This database of GPS precipitable water is similar to
that provided by the SuomiNet network of GPS receivers, and indeed some of the same GPS sites are used.
The ability to use NARR data to provide the station
pressure and temperature needed to calculate the precipitable water from the station delay, rather than to rely
on meteorological station data, opens up many more
sites to the analysis. If we had restricted our study to
SuomiNet sites we would have had only about 50 sites
in California and Nevada that we could have used, and
our spatial coverage would have been much less dense.
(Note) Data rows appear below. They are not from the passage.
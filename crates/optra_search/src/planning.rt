//! The plan of a search.
ghost use Rattle.std.specs.Prelude.{◌≡◌, ◌⊎◌, ◌≤◌, ◌∷◌, [], None, true, pos, length, map, All, Contains, IfOk, OnOk};
ghost use Rattle.optra_prices.specs.Repairs.{empty_choice};
ghost use Rattle.optra_prices.specs.Keepings.{AreKept};
ghost use Rattle.optra_search.specs.Laws.{EarnEach};
ghost use Rattle.optra_search.specs.Planner.{IsPlainPlan};
ghost use Rattle.optra_search.specs.Reached.{parts_of};
ghost use Rattle.optra_search.specs.Closings.{IsBound, plan_of};

use crate::closing::close_all;
use crate::means::Means;
use crate::searching::Search;
use crate::turning::take_turns;
use crate::waiting::Waiting;
use crate::{Limits, Plan, Repairer};
use optra_graph::Graphs;
use optra_network::{Cents, NoMemory};
use optra_node::Node;
use optra_prices::ArcTables;
use optra_prices::keeping::keep_arcs;
use optra_walk::{Choice, Instance, RowFamily};
use std::alloc::Global;

/// The choice that serves no bid.
fn empty_choice(alloc: Global, inst: Instance<'_>) -> Result<Choice, NoMemory>
    ensures { IfOk result (λ choice. choice ≡ empty_choice inst.entry.bids.now) }
{
    let mut walks = Vec::with_capacity(alloc, inst.bids.len())?;
    for _bid in inst.bids {
        walks.push(None)?;
    }
    Ok(Choice { walks })
}

/// The search before its first turn: the root waits, and no bid is served.
fn first_search<R: Drop>(alloc: Global, inst: Instance<'_>) -> Result<Search<R>, NoMemory>
    ensures { IfOk result (λ first. parts_of first
        ≡ record
        { node = []; waiting = record { depth = 0; decision = None; start = None } ∷ []; items = []; incumbent = empty_choice inst.entry.bids.now; revenue = pos 0; bound = pos 0; count = 0 }) }
{
    let incumbent = empty_choice(alloc, inst)?;
    let mut waiting = Vec::new(alloc);
    waiting.push(Waiting {
        depth: 0,
        decision: None,
        start: None,
    })?;
    Ok(Search {
        node: Node::root(alloc),
        waiting,
        items: Vec::new(alloc),
        incumbent,
        revenue: 0,
        bound: 0,
        count: 0,
    })
}

/// The plan of a search in which no node waits.
fn finish<R: Drop>(search: Search<R>) -> Plan<R>
    requires { IsBound search.bound }
    ensures { result ≡ plan_of (parts_of search) }
{
    Plan {
        choice: search.incumbent,
        revenue: search.revenue,
        bound: search.bound as Cents,
        nodes: search.count,
        tree: search.items,
    }
}

/// The plan over tables of arcs that are kept.
fn plan_over<F: RowFamily, G: Graphs, P: Repairer<F, G>>(
    alloc: Global,
    inst: Instance<'_>,
    rows: &F,
    means: &Means<'_, G, P>,
    kept: &mut ArcTables<'_, F::Row>,
) -> Result<Plan<F::Row>, NoMemory>
    requires network { G.network means.now.graphs.now ≡ inst.net.now }
    requires held { All (λ bid. Contains (G.held means.now.graphs.now) bid.path) inst.bids.now }
    requires kept { AreKept F.Row.cmp inst.net.now (F.rows_of rows.now inst.net.now)
        (F.rows_used rows.now inst.net.now) inst.bids.now kept.old }
    ensures { IfOk result (λ plan. IsPlainPlan F.Row.cmp inst.entry.net.now
        (F.rows_of rows.now inst.entry.net.now) inst.entry.bids.now means.now.limits.steps
        means.now.limits.budget plan) }
{
    let first = first_search(alloc, inst)?;
    let last = take_turns(alloc, inst, rows, means, kept, first)?;
    let closed = close_all(alloc, inst, rows, kept, last)?;
    Ok(finish(closed))
}

/// The plan by graphs that hold those of the bids.
fn plan_with<F: RowFamily, G: Graphs, P: Repairer<F, G>>(
    alloc: Global,
    inst: Instance<'_>,
    rows: &F,
    means: &Means<'_, G, P>,
) -> Result<Plan<F::Row>, NoMemory>
    requires network { G.network means.now.graphs.now ≡ inst.net.now }
    requires held { All (λ bid. Contains (G.held means.now.graphs.now) bid.path) inst.bids.now }
    ensures { IfOk result (λ plan. IsPlainPlan F.Row.cmp inst.entry.net.now
        (F.rows_of rows.now inst.entry.net.now) inst.entry.bids.now means.now.limits.steps
        means.now.limits.budget plan) }
{
    let mut kept = keep_arcs(alloc, inst, means.graphs, rows)?;
    let plan = plan_over(alloc, inst, rows, means, &mut kept);
    drop(kept);
    plan
}

/// The plan of the plain planner: its choice, revenue, bound, count of nodes and tree are exactly those of its turns.
///
/// The root is open at zero prices, and no bid is served. The first open node is taken and counted. Where it is dead it
/// becomes a leaf that says why. Else its price path runs from its start prices with the incumbent's revenue, and repair
/// may better the incumbent. Where the dual value of the path's result in whole cents, rounded down, is then at most the
/// incumbent's revenue, the node becomes a leaf with the result's prices. Else it is split, and its yes child and then its
/// no child stand first, both at the result's prices. Once the count is the budget, each open node becomes a leaf with its
/// start prices. The bound is the greatest dual value of the priced leaves in whole cents, rounded down. Repair keeps no walk
/// that earns nothing, so each walk of the choice is worth 1 to 1,000,000,000 cents.
///
/// It needs a budget of at least 1, at most 1,000 bids, and graphs that were made with the instance's network, which it
/// prepares itself: after it answered, the path specification of each bid is held, no other one that was not held before,
/// and all that was held where the graphs keep. After `NoMemory`, its only refusal, they may hold others than before.
pub fn plan<F: RowFamily, G: Graphs, P: Repairer<F, G>>(
    alloc: Global,
    inst: Instance<'_>,
    rows: &F,
    graphs: &mut G,
    limits: Limits,
    repairer: &P,
) -> Result<Plan<F::Row>, NoMemory>
    requires network { G.network graphs.old ≡ inst.net.now }
    requires budget { 1 ≤ limits.budget }
    ensures plan { IfOk result (λ plan. IsPlainPlan F.Row.cmp inst.entry.net.now
        (F.rows_of rows.now inst.entry.net.now) inst.entry.bids.now limits.steps limits.budget
        plan) }
    ensures worth { IfOk result (λ plan. EarnEach inst.entry.net.now inst.entry.bids.now
        plan.choice) }
    ensures held { OnOk result (All (λ bid. Contains (G.held graphs.new) bid.path)
        inst.entry.bids.now) }
    ensures others { OnOk result (All (λ path. Contains (G.held graphs.old) path
        ⊎ Contains (map (λ bid. bid.path) inst.entry.bids.now) path) (G.held graphs.new)) }
    ensures kept { OnOk result (G.keeps graphs.old ≡ true
        → All (Contains (G.held graphs.new)) (G.held graphs.old)) }
    ensures network { G.network graphs.new ≡ G.network graphs.old }
    ensures keeps { G.keeps graphs.new ≡ G.keeps graphs.old }
{
    graphs.prepare(alloc, inst.bids)?;
    let means = Means {
        graphs,
        limits,
        repairer,
    };
    let plan = plan_with(alloc, inst, rows, &means)?;
    Ok(plan)
}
A direct comparison between nine overlapping sites
showed that root-mean-square (RMS) differences between the SuomiNet values for precipitable water and
those calculated using our technique ranged from 1.5
to 2.1 mm (Means and Cayan 2013).
These derived precipitable water values provide a
regular progression of ‘‘snapshots’’ of atmospheric water vapor at higher temporal and geographic resolution
than can be obtained from radiosonde data. The insight
that can be obtained into the monsoon onset from this
database is illustrated in Figs. 3a and 3b, two precipitable water images of the region from 18 h apart.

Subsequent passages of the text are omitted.